Single-Cell Exon Deletion Profiling Reveals Splicing Events That Shape Gene Expression and Cell State Dynamics

Alternative splicing is a pervasive gene regulatory mechanism critical for diversifying the human proteome. To systematically investigate its role in cell fate determination, we developed scCHyMErA-Seq, a scalable CRISPR-based exon deletion screening platform integrated with 10x Genomics single-cell transcriptomic readouts. This tool enables efficient exon deletion while simultaneously capturing Cas9/Cas12a guides and polyadenylated transcripts at single-cell resolution.

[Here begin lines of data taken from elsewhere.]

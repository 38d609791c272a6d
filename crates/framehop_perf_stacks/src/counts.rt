//! What is counted of samples.
ghost use Rattle.std.specs.Prelude.{ℕ, Bool, ◌≡◌, ◌≤◌, ◌+◌, ◌^◌, ◌⊎◌, List, None, OnOk, IfErr};
ghost use Rattle.framehop_folded.specs.Folded.{count_in, total_of, entry_of};
ghost use Rattle.framehop_perf_stacks.specs.Counts.{CountsOneMore, HasSampleMore};
ghost use Rattle.framehop_perf_stacks.specs.Ended.{MayEnd};
ghost use Rattle.framehop_perf_stacks.specs.Run.{AreCounted};
ghost use Rattle.framehop_perf_stacks.specs.declared.error.StacksError.TheVariants.{OutOfMemory, TooManySamples};

use crate::error::StacksError;
use framehop_folded::folded::Folded;
use std::alloc::Global;

/// What was counted of samples.
#[derive(Drop)]
pub struct Counts {
    /// How many samples there were.
    pub samples: u64,
    /// How many of them have a frame that no unwind data tells.
    pub unsure: u64,
    /// How many of them have a frame by a guess.
    pub guessed: u64,
    /// How many of them are cut where the copy of their stack ends.
    pub cut: u64,
    /// How many of them have a frame in the vdso, of which no file was read.
    pub in_vdso: u64,
    /// How many records the kernel lost.
    pub lost: u64,
    /// How often walks ended in which way, or why there was none.
    pub ends: Folded,
    /// How often there was which folded stack.
    pub stacks: Folded,
}

impl Counts {
    /// Returns counts of no samples.
    pub fn new(alloc: Global) -> Self
        ensures samples { result.samples ≡ 0 }
        ensures unsure { result.unsure ≡ 0 }
        ensures guessed { result.guessed ≡ 0 }
        ensures cut { result.cut ≡ 0 }
        ensures in_vdso { result.in_vdso ≡ 0 }
        ensures lost { result.lost ≡ 0 }
        ensures ends { total_of result.ends ≡ 0 }
        ensures stacks { total_of result.stacks ≡ 0 }
        ensures none { (stack : List ℕ) → entry_of result.stacks stack ≡ None }
        ensures endless { (end : List ℕ) → entry_of result.ends end ≡ None }
    {
        Counts {
            samples: 0,
            unsure: 0,
            guessed: 0,
            cut: 0,
            in_vdso: 0,
            lost: 0,
            ends: Folded::new(alloc),
            stacks: Folded::new(alloc),
        }
    }

    /// Counts a sample, by how its walk ended, whether unwind data tells all its frames, whether one of them is a guess,
    /// whether it is cut where the copy of its stack ends, and whether a frame is in a vdso of which no file was read.
    ///
    /// # Errors
    ///
    /// `TooManySamples` if a count would be 2^64, and `OutOfMemory`.
    pub(crate) fn add_sample(
        &mut self,
        alloc: Global,
        end: &[u8],
        is_sure: bool,
        has_guess: bool,
        is_cut: bool,
        in_vdso: bool,
    ) -> Result<(), StacksError>
        ensures more { OnOk result (HasSampleMore self.old self.new end.now is_sure has_guess is_cut in_vdso) }
        ensures stacks { self.new.stacks ≡ self.old.stacks }
        ensures refused { IfErr result (λ refusal. (refusal ≡ OutOfMemory)
            ⊎ ((refusal ≡ TooManySamples) × ((2 ^ 64 ≤ count_in self.old.ends end.now + 1) ⊎ (2 ^ 64 ≤ self.old.samples + 1)
            ⊎ (2 ^ 64 ≤ self.old.unsure + 1) ⊎ (2 ^ 64 ≤ self.old.guessed + 1) ⊎ (2 ^ 64 ≤ self.old.cut + 1)
            ⊎ (2 ^ 64 ≤ self.old.in_vdso + 1)))) }
        ensures within { (failed frames : Bool) (samples : ℕ) → AreCounted frames samples self.old
            → IfErr result (MayEnd failed None 0 (samples + 1)) }
    {
        let end = Vec::from_slice(alloc, end)?;
        let Some(samples) = self.samples.checked_add(1) else {
            return Err(StacksError::TooManySamples);
        };
        let more = if is_sure { 0 } else { 1 };
        let Some(unsure) = self.unsure.checked_add(more) else {
            return Err(StacksError::TooManySamples);
        };
        let more = if has_guess { 1 } else { 0 };
        let Some(guessed) = self.guessed.checked_add(more) else {
            return Err(StacksError::TooManySamples);
        };
        let more = if is_cut { 1 } else { 0 };
        let Some(cut) = self.cut.checked_add(more) else {
            return Err(StacksError::TooManySamples);
        };
        let more = if in_vdso { 1 } else { 0 };
        let Some(in_vdso) = self.in_vdso.checked_add(more) else {
            return Err(StacksError::TooManySamples);
        };
        self.ends.add(end, 1)?;
        self.samples = samples;
        self.unsure = unsure;
        self.guessed = guessed;
        self.cut = cut;
        self.in_vdso = in_vdso;
        Ok(())
    }

    /// Counts the folded stack of a sample.
    ///
    /// # Errors
    ///
    /// `TooManySamples` if its count would be 2^64, and `OutOfMemory`.
    pub fn add_stack(&mut self, stack: Vec<u8>) -> Result<(), StacksError>
        ensures more { OnOk result (CountsOneMore self.old.stacks self.new.stacks stack.items) }
        ensures samples { self.new.samples ≡ self.old.samples }
        ensures ends { self.new.ends ≡ self.old.ends }
        ensures unsure { self.new.unsure ≡ self.old.unsure }
        ensures guessed { self.new.guessed ≡ self.old.guessed }
        ensures cut { self.new.cut ≡ self.old.cut }
        ensures in_vdso { self.new.in_vdso ≡ self.old.in_vdso }
        ensures lost { self.new.lost ≡ self.old.lost }
        ensures refused { IfErr result (λ refusal. (refusal ≡ OutOfMemory)
            ⊎ ((refusal ≡ TooManySamples) × (2 ^ 64 ≤ count_in self.old.stacks stack.items + 1))) }
        ensures within { (failed : Bool) → IfErr result (MayEnd failed None 0 (total_of self.old.stacks + 1)) }
    {
        self.stacks.add(stack, 1)?;
        Ok(())
    }
}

Applying scCHyMErA-Seq to high-throughput profiling of alternative cassette exons, we identified numerous exons with pronounced regulatory effects on gene expression and cell cycle progression. Detailed analysis of the alternative NRF1 exon-7 demonstrated that its inclusion modulates NRF1’s regulatory function by influencing its recruitment to the promoters of target genes. Importantly, gene expression profiles generated using scCHyMErA-Seq accurately recapitulate findings from traditional, labor-intensive orthogonal methods, while offering enhanced scalability and efficiency. Overall, scCHyMErA-Seq represents a robust and versatile platform for systematically unraveling the functional impact of alternative splicing by directly linking specific splicing variants to transcriptional phenotypes.